▶ **Exercise goal**
Your response should consist of one number, the count of lines below that contain "crate".

▶ **Source information**
//! The words of a region: a record, the pivot of its row, and the row.
ghost use Rattle.std.specs.Prelude.{◌≡◌, ◌+◌, ◌*◌, ◌^◌, ◌<◌, ◌≤◌, ◌++◌, drop, length};
ghost use Rattle.table_rows.specs.Layout.{packed_words_of, packet_in, region_for, region_length, row_in, unpacked_of, words_for};

use crate::layout::words_for_symbols;
use crate::symbols::{pack_all, unpack_all};
use linear_spec::Packet;

/// Lays out the words of a record and its row.
pub fn lay_out(caller: u32, call: u32, packet: &Packet, pivot: u64, row: &Packet, words: &mut [u64])
    requires words { length words.old ≡ region_length (length packet.now.coeffs) (length packet.now.payload) }
    requires row { (length row.now.coeffs ≡ length packet.now.coeffs) × (length row.now.payload ≡ length packet.now.payload) }
    ensures { words.new ≡ region_for (record { caller = caller; call = call; packet = packet.now }) pivot row.now }
{
    words[0] = u64::from(caller) * 0x1_0000_0000 + u64::from(call);
    words[1] = pivot;
    lay_out_pair(packet, row, &mut words[2..]);
}

/// Lays out a packet and its row, one behind the other.
fn lay_out_pair(packet: &Packet, row: &Packet, words: &mut [u64])
    requires words { length words.old ≡ 2 * (words_for (length packet.now.coeffs) + words_for (length packet.now.payload)) }
    requires row { (length row.now.coeffs ≡ length packet.now.coeffs) × (length row.now.payload ≡ length packet.now.payload) }
    ensures { words.new ≡ (packed_words_of packet.now.coeffs ++ packed_words_of packet.now.payload)
        ++ (packed_words_of row.now.coeffs ++ packed_words_of row.now.payload) }
{
    let half = words_for_symbols(packet.coeffs.len()) + words_for_symbols(packet.payload.len());
    let (of_packet, of_row) = words.split_at_mut(half);
    lay_out_symbols(packet, of_packet);
    lay_out_symbols(row, of_row);
}

/// Lays out coefficients and payload, each packed by itself.
fn lay_out_symbols(packet: &Packet, words: &mut [u64])
    requires { length words.old ≡ words_for (length packet.now.coeffs) + words_for (length packet.now.payload) }
    ensures { words.new ≡ packed_words_of packet.now.coeffs ++ packed_words_of packet.now.payload }
{
    let (coeffs, payload) = words.split_at_mut(words_for_symbols(packet.coeffs.len()));
    pack_all(packet.coeffs.as_slice(), coeffs);
    pack_all(packet.payload.as_slice(), payload);
}

/// Takes the packet out of a region's words. The generation of `out` stays.
pub fn take_packet(words: &[u64], out: &mut Packet)
    requires { length words.now ≡ region_length (length out.old.coeffs) (length out.old.payload) }
    ensures { out.new ≡ packet_in out.old.generation (length out.old.coeffs) (length out.old.payload) words.now }
{
    take_symbols(&words[2..], out);
}

/// Takes the row out of a region's words. The generation of `out` stays.
pub fn take_row(words: &[u64], out: &mut Packet)
    requires { length words.now ≡ region_length (length out.old.coeffs) (length out.old.payload) }
    ensures { out.new ≡ row_in out.old.generation (length out.old.coeffs) (length out.old.payload) words.now }
{
    let half = words_for_symbols(out.coeffs.len()) + words_for_symbols(out.payload.len());
    take_symbols(&words[2 + half..], out);
}

/// Takes coefficients and payload out of words. The generation of `out` stays.
pub fn take_symbols(words: &[u64], out: &mut Packet)
    requires { words_for (length out.old.coeffs) + words_for (length out.old.payload) ≤ length words.now }
    ensures coeffs { out.new.coeffs ≡ unpacked_of (length out.old.coeffs) words.now }
    ensures payload { out.new.payload ≡ unpacked_of (length out.old.payload) (drop (words_for (length out.old.coeffs)) words.now) }
    ensures generation { out.new.generation ≡ out.old.generation }
    ensures lengths { (length out.new.coeffs ≡ length out.old.coeffs) × (length out.new.payload ≡ length out.old.payload) }
{
    let of_coeffs = words_for_symbols(out.coeffs.len());
    unpack_all(words, out.coeffs.as_mut_slice());
    unpack_all(&words[of_coeffs..], out.payload.as_mut_slice());
}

▶ **Finished exercise**
2